Pursuant to the above recommendations of the National Working Group, the AICTE Bill was introduced in both the Houses of Parliament and passed as the AICTE Act No. 52 of 1987. The Act came into force w.e.f. March 28, 1988. The statutory All India Council for Technical Education was established on May 12, 1988 with a view to proper planning and coordinated development of technical education system throughout the country, the promotion of qualitative improvement of such education in relation to planned quantitative growth and the regulation and proper maintenance of norms and standards in the technical education system and for matters connected therewith.

The purview of AICTE (the Council) covers programmes of technical education including training and research in Engineering, Technology, Architecture, Town Planning, Management, Pharmacy, Applied Arts and Crafts, Hotel Management and Catering Technology etc. at different levels.

The Organisation
In accordance with the provisions of the AICTE Act (1987), for the first five years after its inception in 1988, the Minister for Human Resource Development, Government of India was the Chairman of the Council. The first full time Chairman was appointed on July 2, 1993 and the Council was re-constituted in March 1994 with a term of three years. The Executive Committee was re-constituted on July 7, 1994 and All India Boards of Studies and Advisory Boards were constituted in 1994-95. Regional Offices of the Ministry of Human Resource Development, Government of India, located at Kolkata, Chennai, Kanpur and Mumbai were transferred to AICTE and the staff working at these offices were also deputed to the Council on foreign service terms w.e.f. October 1, 1995. These offices functioned as secretariats of Regional Committees in the four regions (East, South, North and West). Three new Regional Committees in southwest, central and northwest regions with their secretariats located at Bangalore, Bhopal and Chandigarh respectively were also established on July 27, 1994. One more Regional Committee in South-Central region with its Secretariat at Hyderabad was notified on March 8, 2007.

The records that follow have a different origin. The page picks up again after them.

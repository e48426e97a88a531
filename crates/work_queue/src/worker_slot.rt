// Where a worker works.
ghost use Rattle.std.specs.Prelude.{All};
ghost use Rattle.work_queue.specs.Work.{IsReady, IsLeft};
ghost use Rattle.std.specs.List.{AllZip};

use crate::hand::{Done, Hand, Jobs, Numbered, Takes};
use crossbeam_queue::Pass;
use std::sync::Wait;
use std::thread;
use std::thread::Threads;

/// A pass of the queue, and what the jobs gave that were taken with it.
#[derive(Drop)]
pub(crate) struct WorkerSlot<T, X> {
    pub pass: Pass<Numbered<T>, Hand<T>>,
    pub done: Vec<Done<X>>,
}

/// Takes jobs until none is left.
pub(crate) fn work<R: Wait, T: Send + Drop, X: Drop, F: Fn(T) -> X>(
    rt: &R,
    queue: &Jobs<T>,
    worker_slot: &mut WorkerSlot<T, X>,
    f: &F,
)
    requires { IsReady queue.now (λ job. F.pre f.now job) worker_slot.old }
    ensures { IsLeft queue.now (λ job r. F.post f.now job r) worker_slot.old worker_slot.new }
{
    for _ in rt.forever() {
        let Some(Numbered { number, job }) = queue.pop_as::<Takes, R>(rt, &mut worker_slot.pass)
        else {
            return;
        };
        let result = f(job);
        worker_slot.done.push_reserved(Done { number, result });
    }
}

/// Each worker slot has a worker, in a thread of its own where one can be started.
pub(crate) fn all_work<
    R: Threads + Wait + Sync,
    T: Send + Drop,
    X: Send + Drop,
    F: Fn(T) -> X + Sync,
>(rt: &R, queue: &Jobs<T>, worker_slots: &mut [WorkerSlot<T, X>], f: &F)
    requires { All (IsReady queue.now (λ job. F.pre f.now job)) worker_slots.old }
    ensures { AllZip (IsLeft queue.now (λ job r. F.post f.now job r)) worker_slots.old worker_slots.new }
{
    if worker_slots.is_empty() {
        return;
    }
    let threads = worker_slots.len();
    thread::for_each_mut(
        rt,
        worker_slots,
        threads,
        &|_place: usize, worker_slot: &mut WorkerSlot<T, X>|
            requires { IsReady queue.now (λ job. F.pre f.now job) worker_slot.old }
            ensures { IsLeft queue.entry.now (λ job r. F.post f.entry.now job r) worker_slot.old worker_slot.new }
        { work(rt, queue, worker_slot, f) },
    );
}
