use flake_base::{Entry, Seg};
use order_book::{BookName, Deed, ShardSeat};
use shard_part::Part;
use std::snapshot::Snapshot;

/// A part that was done. What it answered and found is by the definitions what its shard's history gives; what it
/// stored is in the segments.
#[derive(Drop)]
pub(crate) struct DonePart<'a, N: BookName> {
    pub(crate) at: Entry,
    pub(crate) part: Part<'a>,
    pub(crate) history: Snapshot<ShardSeat<N>>,
    pub(crate) stored: &'a [Seg],
}

impl<N: BookName> Deed for DonePart<'_, N> {
    ghost use Rattle.shard_part.specs.Parts.{operation_of};
    ghost use Rattle.shard_store.specs.Shards.{answer_after, found_after, first_after, segment_addresses};

    ghost at = { λ d. d.at };

    ghost operation = { λ d. operation_of d.part };

    ghost answer = { λ d. answer_after d.history.value.told (operation_of d.part) };

    ghost found = { λ d. found_after d.history.value.told (operation_of d.part) };

    ghost first = { λ d. first_after d.history.value.told (operation_of d.part) };

    ghost stored = { λ d. segment_addresses d.stored.now };

    fn entry(&self) -> Entry {
        self.at
    }
}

The AICTE has its Headquarters in New Delhi and is presently housed in a building having a covered area of 12187 sq. ft. located on 7th Floor, Chanderlok Building, Janpath, New Delhi. Three Departments of the Council are housed in its own building having a covered area of 10630 sq. ft. at IV Floor, East Tower, NBCC Place, Pragati Vihar, New Delhi. The Government of India has allocated 5 acres land in the campus of Jawaharlal Nehru University, New Delhi, for constructing the administrative and other buildings of the Council

The AICTE comprises of eight Departments, namely:

  • Administration (Admin) Bureau
  • Academic (Acad.) Bureau
  • Engineering & Technology (E&T) Bureau
  • Finance (Fin) Bureau
  • Management & Technology (M&T) Bureau
  • Planning and Co-ordination (PC) Bureau
  • Quality Assurance (QA) Bureau
  • Research and Institutional Development (R&D) Bureau

For each Bureau, Adviser is the Bureau Head who is assisted by technical officers and other supporting staff. The multidiscipline technical officers and staff of the Council are on deputation or on contract from various Government Departments, University Grants Commission, academic institutions etc.